-- ACTIVITY --
Return the whole listing, keeping every character the same.

-- RECORDS TO USE --
*** Begin section ***

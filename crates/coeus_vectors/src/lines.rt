//! What came of a call, as a line of text: each number or word behind a space.

use co_bfv::Cipher;
use co_ring::Poly;
use co_rns::Pair;
use co_wire::write_ciphers;
use sha2::{Digest, Sha256};
use std::alloc::{AllocError, Global};

/// A number.
pub fn put(line: &mut String, number: u128) -> Result<(), AllocError> {
    write!(line, " {number}")
}

/// A word.
pub fn put_text(line: &mut String, text: &str) -> Result<(), AllocError> {
    write!(line, " {text}")
}

/// Numbers, in order.
pub fn put_numbers(line: &mut String, numbers: &[u32]) -> Result<(), AllocError> {
    for number in numbers {
        put(line, *number as u128)?;
    }
    Ok(())
}

/// Numbers of 64 bits, in order.
pub fn put_words(line: &mut String, words: &[u64]) -> Result<(), AllocError> {
    for word in words {
        put(line, *word as u128)?;
    }
    Ok(())
}

/// The coefficients of a polynomial, the constant first.
pub fn put_poly(line: &mut String, poly: &Poly) -> Result<(), AllocError> {
    for k in 0..poly.degree() {
        put(line, poly.coeff(k) as u128)?;
    }
    Ok(())
}

/// The coefficients of a polynomial modulo q, the constant first.
pub fn put_pair(line: &mut String, pair: &Pair) -> Result<(), AllocError> {
    for k in 0..pair.degree() {
        put(line, pair.compose(k))?;
    }
    Ok(())
}

/// The bytes in hexadecimal.
pub fn put_bytes(alloc: Global, line: &mut String, bytes: &[u8]) -> Result<(), AllocError> {
    let text = hex::encode(alloc, bytes)?;
    put_text(line, text.as_str())
}

/// The digest of some bytes.
pub fn put_digest(alloc: Global, line: &mut String, bytes: &[u8]) -> Result<(), AllocError> {
    put_bytes(alloc, line, &Sha256::digest(bytes))
}

/// The digest of the bytes of ciphertexts, in order.
pub fn put_ciphers(alloc: Global, line: &mut String, ciphers: &[Cipher]) -> Result<(), AllocError> {
    let bytes = write_ciphers(alloc, ciphers)?;
    put_digest(alloc, line, bytes.as_slice())
}

/// The digest of each ciphertext.
pub fn put_each(alloc: Global, line: &mut String, ciphers: &[Cipher]) -> Result<(), AllocError> {
    for one in ciphers.chunks(1) {
        put_ciphers(alloc, line, one)?;
    }
    Ok(())
}
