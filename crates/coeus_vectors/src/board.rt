//! A board of numbers that several passes draw.

use crate::cases::{BadCase, Case};
use crate::lines::{put, put_text};
use co_board::Board;
use std::alloc::AllocError;

/// The line of a case, behind the name of its call.
pub fn line(case: Case) -> Result<String, BadCase> {
    let mut line = String::new(case.alloc);
    match case.call() {
        "draws" => put_draws(&mut line, case)?,
        _ => return Err(BadCase::Unfit),
    }
    Ok(line)
}

/// What two passes draw in turn of a board of three units, the first once more at the end, and the
/// board's word.
fn put_draws(line: &mut String, case: Case) -> Result<(), AllocError> {
    let (board, mut passes) = Board::new(case.alloc, 3, 2)?;
    let first = board.claim(&mut passes[0]);
    let second = board.claim(&mut passes[1]);
    let third = board.claim(&mut passes[0]);
    let fourth = board.claim(&mut passes[1]);
    let fifth = board.claim(&mut passes[0]);
    let again = board.claim(&mut passes[0]);
    let word = board.close(passes);
    for drawn in [first, second, third, fourth, fifth, again] {
        put_drawn(line, drawn)?;
    }
    put(line, word as u128)
}

fn put_drawn(line: &mut String, drawn: Option<u64>) -> Result<(), AllocError> {
    match drawn {
        Some(unit) => put(line, unit as u128),
        None => put_text(line, "-"),
    }
}
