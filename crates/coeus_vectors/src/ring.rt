//! Polynomials over one modulus.

ghost use Rattle.std.specs.Prelude.{◌≡◌, IfOk};
ghost use Rattle.co_ring.specs.Polynomials.{degree_of};

use crate::cases::{BadCase, Case};
use crate::lines::{put, put_poly};
use co_ring::{Modulus, Poly, Spectrum, Table, forward, inverse};

/// The line of a case, behind the name of its call.
pub fn line(case: Case) -> Result<String, BadCase> {
    let modulus = case.modulus();
    let mut line = String::new(case.alloc);
    match case.call() {
        "value" => put(&mut line, modulus.value() as u128)?,
        "root" => put(&mut line, modulus.root(case.degree()?) as u128)?,
        "mul" => put_poly(&mut line, &product(modulus, case)?)?,
        "values" => put_values(&mut line, modulus, case)?,
        "add" => put_poly(&mut line, &sum(modulus, case, false)?)?,
        "sub" => put_poly(&mut line, &sum(modulus, case, true)?)?,
        "scale" => put_poly(&mut line, &scaled(modulus, case)?)?,
        "substitute" => put_poly(&mut line, &substituted(modulus, case)?)?,
        "shift" => put_poly(&mut line, &shifted(modulus, case)?)?,
        _ => return Err(BadCase::Unfit),
    }
    Ok(line)
}

/// Two polynomials of one degree.
fn both(modulus: Modulus, case: Case) -> Result<(Poly, Poly), BadCase>
    ensures first_modulus { IfOk result (λ p. p.0.modulus ≡ modulus) }
    ensures second_modulus { IfOk result (λ p. p.1.modulus ≡ modulus) }
    ensures one_degree { IfOk result (λ p. degree_of p.1 ≡ degree_of p.0) }
{
    let a = case.poly(modulus, "a")?;
    let b = case.poly(modulus, "b")?;
    if a.degree() != b.degree() {
        return Err(BadCase::Unfit);
    }
    Ok((a, b))
}

fn product(modulus: Modulus, case: Case) -> Result<Poly, BadCase> {
    let (a, b) = both(modulus, case)?;
    Ok(a.mul(case.alloc, &b)?)
}

fn scaled(modulus: Modulus, case: Case) -> Result<Poly, BadCase> {
    let mut a = case.poly(modulus, "a")?;
    a.scale(case.text("factor").parse().unwrap_or(0));
    Ok(a)
}

fn substituted(modulus: Modulus, case: Case) -> Result<Poly, BadCase> {
    let a = case.poly(modulus, "a")?;
    let g = case.number("g");
    if g % 2 == 0 || g as usize / 2 >= a.degree() {
        return Err(BadCase::Unfit);
    }
    let mut into = Poly::zero(case.alloc, modulus, a.shape())?;
    a.substitute(g, &mut into);
    Ok(into)
}

fn shifted(modulus: Modulus, case: Case) -> Result<Poly, BadCase> {
    let a = case.poly(modulus, "a")?;
    let exponent = case.number("exponent");
    if exponent as usize / 2 >= a.degree() {
        return Err(BadCase::Unfit);
    }
    let mut into = Poly::zero(case.alloc, modulus, a.shape())?;
    a.monomial_mul(exponent, &mut into);
    Ok(into)
}

/// The sum, or the difference.
fn sum(modulus: Modulus, case: Case, negated: bool) -> Result<Poly, BadCase> {
    let (mut a, b) = both(modulus, case)?;
    if negated {
        a.sub_in(&b);
    } else {
        a.add_in(&b);
    }
    Ok(a)
}

/// The values of a polynomial, and the polynomial back from them.
fn put_values(line: &mut String, modulus: Modulus, case: Case) -> Result<(), BadCase> {
    let a = case.poly(modulus, "a")?;
    let table = Table::new(case.alloc, modulus, a.shape())?;
    let mut values = Spectrum::zero(case.alloc, modulus, a.shape())?;
    forward(&table, &a, &mut values);
    for k in 0..values.degree() {
        put(line, values.value(k) as u128)?;
    }
    let mut back = Poly::zero(case.alloc, modulus, a.shape())?;
    inverse(&table, &values, &mut back);
    put_poly(line, &back)?;
    Ok(())
}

*** End section ***

-- SOLUTION --
filename crates/coeus_vectors/src/lines.rt
//! What came of a call, as a line of text: each number or word behind a space.

use co_bfv::Cipher;
use co_ring::Poly;
use co_rns::Pair;
use co_wire::write_ciphers;
use sha2::{Digest, Sha256};
use std::alloc::{AllocError, Global};

/// A number.
pub fn put(line: &mut String, number: u128) -> Result<(), AllocError> {
    write!(line, " {number}")
}

/// A word.
pub fn put_text(line: &mut String, text: &str) -> Result<(), AllocError> {
    write!(line, " {text}")
}

/// Numbers, in order.
pub fn put_numbers(line: &mut String, numbers: &[u32]) -> Result<(), AllocError> {
    for number in numbers {
        put(line, *number as u128)?;
    }
    Ok(())
}

/// Numbers of 64 bits, in order.
pub fn put_words(line: &mut String, words: &[u64]) -> Result<(), AllocError> {
    for word in words {
        put(line, *word as u128)?;
    }
    Ok(())
}

/// The coefficients of a polynomial, the constant first.
pub fn put_poly(line: &mut String, poly: &Poly) -> Result<(), AllocError> {
    for k in 0..poly.degree() {
        put(line, poly.coeff(k) as u128)?;
    }
    Ok(())
}

/// The coefficients of a polynomial modulo q, the constant first.
pub fn put_pair(line: &mut String, pair: &Pair) -> Result<(), AllocError> {
    for k in 0..pair.degree() {
        put(line, pair.compose(k))?;
    }
    Ok(())
}

/// The bytes in hexadecimal.
pub fn put_bytes(alloc: Global, line: &mut String, bytes: &[u8]) -> Result<(), AllocError> {
    let text = hex::encode(alloc, bytes)?;
    put_text(line, text.as_str())
}

/// The digest of some bytes.
pub fn put_digest(alloc: Global, line: &mut String, bytes: &[u8]) -> Result<(), AllocError> {
    put_bytes(alloc, line, &Sha256::digest(bytes))
}

/// The digest of the bytes of ciphertexts, in order.
pub fn put_ciphers(alloc: Global, line: &mut String, ciphers: &[Cipher]) -> Result<(), AllocError> {
    let bytes = write_ciphers(alloc, ciphers)?;
    put_digest(alloc, line, bytes.as_slice())
}

/// The digest of each ciphertext.
pub fn put_each(alloc: Global, line: &mut String, ciphers: &[Cipher]) -> Result<(), AllocError> {
    for one in ciphers.chunks(1) {
        put_ciphers(alloc, line, one)?;
    }
    Ok(())
}
filename crates/coeus_vectors/src/board.rt
//! A board of numbers that several passes draw.

use crate::cases::{BadCase, Case};
use crate::lines::{put, put_text};
use co_board::Board;
use std::alloc::AllocError;

/// The line of a case, behind the name of its call.
pub fn line(case: Case) -> Result<String, BadCase> {
    let mut line = String::new(case.alloc);
    match case.call() {
        "draws" => put_draws(&mut line, case)?,
        _ => return Err(BadCase::Unfit),
    }
    Ok(line)
}

/// What two passes draw in turn of a board of three units, the first once more at the end, and the
/// board's word.
fn put_draws(line: &mut String, case: Case) -> Result<(), AllocError> {
    let (board, mut passes) = Board::new(case.alloc, 3, 2)?;
    let first = board.claim(&mut passes[0]);
    let second = board.claim(&mut passes[1]);
    let third = board.claim(&mut passes[0]);
    let fourth = board.claim(&mut passes[1]);
    let fifth = board.claim(&mut passes[0]);
    let again = board.claim(&mut passes[0]);
    let word = board.close(passes);
    for drawn in [first, second, third, fourth, fifth, again] {
        put_drawn(line, drawn)?;
    }
    put(line, word as u128)
}

fn put_drawn(line: &mut String, drawn: Option<u64>) -> Result<(), AllocError> {
    match drawn {
        Some(unit) => put(line, unit as u128),
        None => put_text(line, "-"),
    }
}
filename crates/coeus_vectors/src/ring.rt
//! Polynomials over one modulus.

ghost use Rattle.std.specs.Prelude.{◌≡◌, IfOk};
ghost use Rattle.co_ring.specs.Polynomials.{degree_of};

use crate::cases::{BadCase, Case};
use crate::lines::{put, put_poly};
use co_ring::{Modulus, Poly, Spectrum, Table, forward, inverse};

/// The line of a case, behind the name of its call.
pub fn line(case: Case) -> Result<String, BadCase> {
    let modulus = case.modulus();
    let mut line = String::new(case.alloc);
    match case.call() {
        "value" => put(&mut line, modulus.value() as u128)?,
        "root" => put(&mut line, modulus.root(case.degree()?) as u128)?,
        "mul" => put_poly(&mut line, &product(modulus, case)?)?,
        "values" => put_values(&mut line, modulus, case)?,
        "add" => put_poly(&mut line, &sum(modulus, case, false)?)?,
        "sub" => put_poly(&mut line, &sum(modulus, case, true)?)?,
        "scale" => put_poly(&mut line, &scaled(modulus, case)?)?,
        "substitute" => put_poly(&mut line, &substituted(modulus, case)?)?,
        "shift" => put_poly(&mut line, &shifted(modulus, case)?)?,
        _ => return Err(BadCase::Unfit),
    }
    Ok(line)
}

/// Two polynomials of one degree.
fn both(modulus: Modulus, case: Case) -> Result<(Poly, Poly), BadCase>
    ensures first_modulus { IfOk result (λ p. p.0.modulus ≡ modulus) }
    ensures second_modulus { IfOk result (λ p. p.1.modulus ≡ modulus) }
    ensures one_degree { IfOk result (λ p. degree_of p.1 ≡ degree_of p.0) }
{
    let a = case.poly(modulus, "a")?;
    let b = case.poly(modulus, "b")?;
    if a.degree() != b.degree() {
        return Err(BadCase::Unfit);
    }
    Ok((a, b))
}

fn product(modulus: Modulus, case: Case) -> Result<Poly, BadCase> {
    let (a, b) = both(modulus, case)?;
    Ok(a.mul(case.alloc, &b)?)
}

fn scaled(modulus: Modulus, case: Case) -> Result<Poly, BadCase> {
    let mut a = case.poly(modulus, "a")?;
    a.scale(case.text("factor").parse().unwrap_or(0));
    Ok(a)
}

fn substituted(modulus: Modulus, case: Case) -> Result<Poly, BadCase> {
    let a = case.poly(modulus, "a")?;
    let g = case.number("g");
    if g % 2 == 0 || g as usize / 2 >= a.degree() {
        return Err(BadCase::Unfit);
    }
    let mut into = Poly::zero(case.alloc, modulus, a.shape())?;
    a.substitute(g, &mut into);
    Ok(into)
}

fn shifted(modulus: Modulus, case: Case) -> Result<Poly, BadCase> {
    let a = case.poly(modulus, "a")?;
    let exponent = case.number("exponent");
    if exponent as usize / 2 >= a.degree() {
        return Err(BadCase::Unfit);
    }
    let mut into = Poly::zero(case.alloc, modulus, a.shape())?;
    a.monomial_mul(exponent, &mut into);
    Ok(into)
}

/// The sum, or the difference.
fn sum(modulus: Modulus, case: Case, negated: bool) -> Result<Poly, BadCase> {
    let (mut a, b) = both(modulus, case)?;
    if negated {
        a.sub_in(&b);
    } else {
        a.add_in(&b);
    }
    Ok(a)
}

/// The values of a polynomial, and the polynomial back from them.
fn put_values(line: &mut String, modulus: Modulus, case: Case) -> Result<(), BadCase> {
    let a = case.poly(modulus, "a")?;
    let table = Table::new(case.alloc, modulus, a.shape())?;
    let mut values = Spectrum::zero(case.alloc, modulus, a.shape())?;
    forward(&table, &a, &mut values);
    for k in 0..values.degree() {
        put(line, values.value(k) as u128)?;
    }
    let mut back = Poly::zero(case.alloc, modulus, a.shape())?;
    inverse(&table, &values, &mut back);
    put_poly(line, &back)?;
    Ok(())
}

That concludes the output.